## Task statement
Each entry below is to be copied verbatim.

## Study material

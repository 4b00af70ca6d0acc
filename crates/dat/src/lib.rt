// The places of processes in the lent state: the run queue, who runs, Rendez and the own waitr.
#![tactic(auto)]

ghost use Rattle.memory.specs.Link.{link};
ghost use Rattle.state.specs.Lent.{Same};
ghost use Rattle.dat.specs.Run.{ReadyAsks, Readied, NextAsks, NextTaken};
ghost use Rattle.dat.specs.Asleep.{MoreAsks, More, AwakenAsks, Awakened};
ghost use Rattle.dat.specs.Rendez.{WakeAsks, Woke, SleepAsks, Slept};
ghost use Rattle.dat.specs.Own.{StopAsks, Stopped, RunAsks, Ran, CallAsks, Called};
ghost use Rattle.dat.specs.Waitr.{WaitAsks, Waited, OwnAsks, OnWaitr, WokeOwn};

use queue::Fields;
use record::Resume;
use state::{CallKind, Index, ProcState, State, field};

// The header's fields that hold the run queue.
const RUN: Fields = Fields {
    head: field::RUN_HEAD,
    tail: field::RUN_TAIL,
};

// Queues process `i` to run.
pub fn ready(s: &mut State, i: Index)
    requires { ReadyAsks s.old.sizes s.old.bytes.now i }
    ensures same { Same s.old s.new }
    ensures done { Readied s.old.sizes s.old.bytes.now s.new.bytes.now i }
{
    RUN.push(s, 0, i);
    s.set(field::STATE_OF, i, ProcState::Ready.number());
}

// Takes the first process off the run queue: none where nobody is ready.
pub fn next_ready(s: &mut State) -> Option<Index>
    requires { NextAsks s.old.sizes s.old.bytes.now }
    ensures same { Same s.old s.new }
    ensures done { NextTaken s.old.sizes s.old.bytes.now s.new.bytes.now (link result) }
{
    RUN.pop(s, 0)
}

// One more is asleep.
pub fn more_asleep(s: &mut State)
    requires { MoreAsks s.old.sizes s.old.bytes.now }
    ensures same { Same s.old s.new }
    ensures done { More s.old.sizes s.old.bytes.now s.new.bytes.now }
{
    let n = s.get(field::ASLEEP_COUNT, 0);
    s.set(field::ASLEEP_COUNT, 0, n + 1);
}

// Makes process `i`, asleep or waiting for a lock and taken off there, ready: one fewer is asleep.
pub fn awaken(s: &mut State, i: Index)
    requires { AwakenAsks s.old.sizes s.old.bytes.now i }
    ensures same { Same s.old s.new }
    ensures done { Awakened s.old.sizes s.old.bytes.now s.new.bytes.now i }
{
    let n = s.get(field::ASLEEP_COUNT, 0);
    s.set(field::ASLEEP_COUNT, 0, n - 1);
    ready(s, i);
}

// Wakes the process asleep on Rendez `r`: none where nobody is.
pub fn wakeup(s: &mut State, r: Index) -> Option<Index>
    requires { WakeAsks s.old.sizes s.old.bytes.now r }
    ensures same { Same s.old s.new }
    ensures done { Woke s.old.sizes s.old.bytes.now s.new.bytes.now r (link result) }
{
    let i = s.get(field::SLEEPER_OF, r)?;
    s.set(field::SLEEPER_OF, r, None);
    awaken(s, i);
    Some(i)
}

// `sleep_on` and `wait_on` share only the count and the state: a function of both would leave a process asleep in no place, of which no
// definition speaks.

// Puts process `i` asleep on Rendez `r`.
pub fn sleep_on(s: &mut State, i: Index, r: Index)
    requires { SleepAsks s.old.sizes s.old.bytes.now i r }
    ensures same { Same s.old s.new }
    ensures done { Slept s.old.sizes s.old.bytes.now s.new.bytes.now i r }
{
    more_asleep(s);
    s.set(field::SLEEPER_OF, r, Some(i));
    s.set(field::STATE_OF, i, ProcState::Asleep.number());
}

// Nobody runs: whoever ran is taken off.
pub fn stop(s: &mut State)
    requires { StopAsks s.old.sizes s.old.bytes.now }
    ensures same { Same s.old s.new }
    ensures done { Stopped s.old.sizes s.old.bytes.now s.new.bytes.now }
{
    s.set(field::UP, 0, None);
}

// Process `i` runs.
pub fn set_up(s: &mut State, i: Index)
    requires { RunAsks s.old.sizes s.old.bytes.now i }
    ensures same { Same s.old s.new }
    ensures done { Ran s.old.sizes s.old.bytes.now s.new.bytes.now i }
{
    s.set(field::UP, 0, Some(i));
    s.set(field::STATE_OF, i, ProcState::Running.number());
}

// Where the call of process `i` goes on.
pub fn set_resume(s: &mut State, i: Index, r: Resume)
    requires { CallAsks s.old.sizes s.old.bytes.now i r }
    ensures same { Same s.old s.new }
    ensures done { Called s.old.sizes s.old.bytes.now s.new.bytes.now i r }
{
    r.store(s, i);
}

// Puts process `i` asleep on its own waitr.
pub fn wait_on(s: &mut State, i: Index)
    requires { WaitAsks s.old.sizes s.old.bytes.now i }
    ensures same { Same s.old s.new }
    ensures done { Waited s.old.sizes s.old.bytes.now s.new.bytes.now i }
{
    more_asleep(s);
    let asleep = ProcState::Asleep;
    s.set(field::STATE_OF, i, asleep.number());
}

// Is process `i` asleep on its own waitr?
fn on_waitr(s: &State, i: Index) -> bool
    requires { OwnAsks s.now.sizes s.now.bytes.now i }
    ensures { OnWaitr s.now.sizes s.now.bytes.now i result }
{
    s.get(field::STATE_OF, i) == ProcState::Asleep.number()
        && s.get(field::RESUME_KIND, i) == CallKind::Wait.number()
}

// What wakes a process on a Rendez is the Rendez's link to it, and on its own waitr its own state and call: `wakeup` and `wake_waitr` share
// `awaken`.

// Wakes process `i` where it is asleep on its own waitr: was it?
pub fn wake_waitr(s: &mut State, i: Index) -> bool
    requires { OwnAsks s.old.sizes s.old.bytes.now i }
    ensures same { Same s.old s.new }
    ensures done { WokeOwn s.old.sizes s.old.bytes.now s.new.bytes.now i result }
{
    let asleep = on_waitr(s, i);
    if asleep {
        s.set(field::STATE_OF, i, ProcState::Ready.number());
        awaken(s, i);
    }
    asleep
}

## Final answer
repository 4b00af70ca6d0acc
filename crates/dat/src/lib.rt
// The places of processes in the lent state: the run queue, who runs, Rendez and the own waitr.
#![tactic(auto)]

ghost use Rattle.memory.specs.Link.{link};
ghost use Rattle.state.specs.Lent.{Same};
ghost use Rattle.dat.specs.Run.{ReadyAsks, Readied, NextAsks, NextTaken};
ghost use Rattle.dat.specs.Asleep.{MoreAsks, More, AwakenAsks, Awakened};
ghost use Rattle.dat.specs.Rendez.{WakeAsks, Woke, SleepAsks, Slept};
ghost use Rattle.dat.specs.Own.{StopAsks, Stopped, RunAsks, Ran, CallAsks, Called};
ghost use Rattle.dat.specs.Waitr.{WaitAsks, Waited, OwnAsks, OnWaitr, WokeOwn};

use queue::Fields;
use record::Resume;
use state::{CallKind, Index, ProcState, State, field};

// The header's fields that hold the run queue.
const RUN: Fields = Fields {
    head: field::RUN_HEAD,
    tail: field::RUN_TAIL,
};

// Queues process `i` to run.
pub fn ready(s: &mut State, i: Index)
    requires { ReadyAsks s.old.sizes s.old.bytes.now i }
    ensures same { Same s.old s.new }
    ensures done { Readied s.old.sizes s.old.bytes.now s.new.bytes.now i }
{
    RUN.push(s, 0, i);
    s.set(field::STATE_OF, i, ProcState::Ready.number());
}

// Takes the first process off the run queue: none where nobody is ready.
pub fn next_ready(s: &mut State) -> Option<Index>
    requires { NextAsks s.old.sizes s.old.bytes.now }
    ensures same { Same s.old s.new }
    ensures done { NextTaken s.old.sizes s.old.bytes.now s.new.bytes.now (link result) }
{
    RUN.pop(s, 0)
}

// One more is asleep.
pub fn more_asleep(s: &mut State)
    requires { MoreAsks s.old.sizes s.old.bytes.now }
    ensures same { Same s.old s.new }
    ensures done { More s.old.sizes s.old.bytes.now s.new.bytes.now }
{
    let n = s.get(field::ASLEEP_COUNT, 0);
    s.set(field::ASLEEP_COUNT, 0, n + 1);
}

// Makes process `i`, asleep or waiting for a lock and taken off there, ready: one fewer is asleep.
pub fn awaken(s: &mut State, i: Index)
    requires { AwakenAsks s.old.sizes s.old.bytes.now i }
    ensures same { Same s.old s.new }
    ensures done { Awakened s.old.sizes s.old.bytes.now s.new.bytes.now i }
{
    let n = s.get(field::ASLEEP_COUNT, 0);
    s.set(field::ASLEEP_COUNT, 0, n - 1);
    ready(s, i);
}

// Wakes the process asleep on Rendez `r`: none where nobody is.
pub fn wakeup(s: &mut State, r: Index) -> Option<Index>
    requires { WakeAsks s.old.sizes s.old.bytes.now r }
    ensures same { Same s.old s.new }
    ensures done { Woke s.old.sizes s.old.bytes.now s.new.bytes.now r (link result) }
{
    let i = s.get(field::SLEEPER_OF, r)?;
    s.set(field::SLEEPER_OF, r, None);
    awaken(s, i);
    Some(i)
}

// `sleep_on` and `wait_on` share only the count and the state: a function of both would leave a process asleep in no place, of which no
// definition speaks.

// Puts process `i` asleep on Rendez `r`.
pub fn sleep_on(s: &mut State, i: Index, r: Index)
    requires { SleepAsks s.old.sizes s.old.bytes.now i r }
    ensures same { Same s.old s.new }
    ensures done { Slept s.old.sizes s.old.bytes.now s.new.bytes.now i r }
{
    more_asleep(s);
    s.set(field::SLEEPER_OF, r, Some(i));
    s.set(field::STATE_OF, i, ProcState::Asleep.number());
}

// Nobody runs: whoever ran is taken off.
pub fn stop(s: &mut State)
    requires { StopAsks s.old.sizes s.old.bytes.now }
    ensures same { Same s.old s.new }
    ensures done { Stopped s.old.sizes s.old.bytes.now s.new.bytes.now }
{
    s.set(field::UP, 0, None);
}

// Process `i` runs.
pub fn set_up(s: &mut State, i: Index)
    requires { RunAsks s.old.sizes s.old.bytes.now i }
    ensures same { Same s.old s.new }
    ensures done { Ran s.old.sizes s.old.bytes.now s.new.bytes.now i }
{
    s.set(field::UP, 0, Some(i));
    s.set(field::STATE_OF, i, ProcState::Running.number());
}

// Where the call of process `i` goes on.
pub fn set_resume(s: &mut State, i: Index, r: Resume)
    requires { CallAsks s.old.sizes s.old.bytes.now i r }
    ensures same { Same s.old s.new }
    ensures done { Called s.old.sizes s.old.bytes.now s.new.bytes.now i r }
{
    r.store(s, i);
}

// Puts process `i` asleep on its own waitr.
pub fn wait_on(s: &mut State, i: Index)
    requires { WaitAsks s.old.sizes s.old.bytes.now i }
    ensures same { Same s.old s.new }
    ensures done { Waited s.old.sizes s.old.bytes.now s.new.bytes.now i }
{
    more_asleep(s);
    let asleep = ProcState::Asleep;
    s.set(field::STATE_OF, i, asleep.number());
}

// Is process `i` asleep on its own waitr?
fn on_waitr(s: &State, i: Index) -> bool
    requires { OwnAsks s.now.sizes s.now.bytes.now i }
    ensures { OnWaitr s.now.sizes s.now.bytes.now i result }
{
    s.get(field::STATE_OF, i) == ProcState::Asleep.number()
        && s.get(field::RESUME_KIND, i) == CallKind::Wait.number()
}

// What wakes a process on a Rendez is the Rendez's link to it, and on its own waitr its own state and call: `wakeup` and `wake_waitr` share
// `awaken`.

// Wakes process `i` where it is asleep on its own waitr: was it?
pub fn wake_waitr(s: &mut State, i: Index) -> bool
    requires { OwnAsks s.old.sizes s.old.bytes.now i }
    ensures same { Same s.old s.new }
    ensures done { WokeOwn s.old.sizes s.old.bytes.now s.new.bytes.now i result }
{
    let asleep = on_waitr(s, i);
    if asleep {
        s.set(field::STATE_OF, i, ProcState::Ready.number());
        awaken(s, i);
    }
    asleep
}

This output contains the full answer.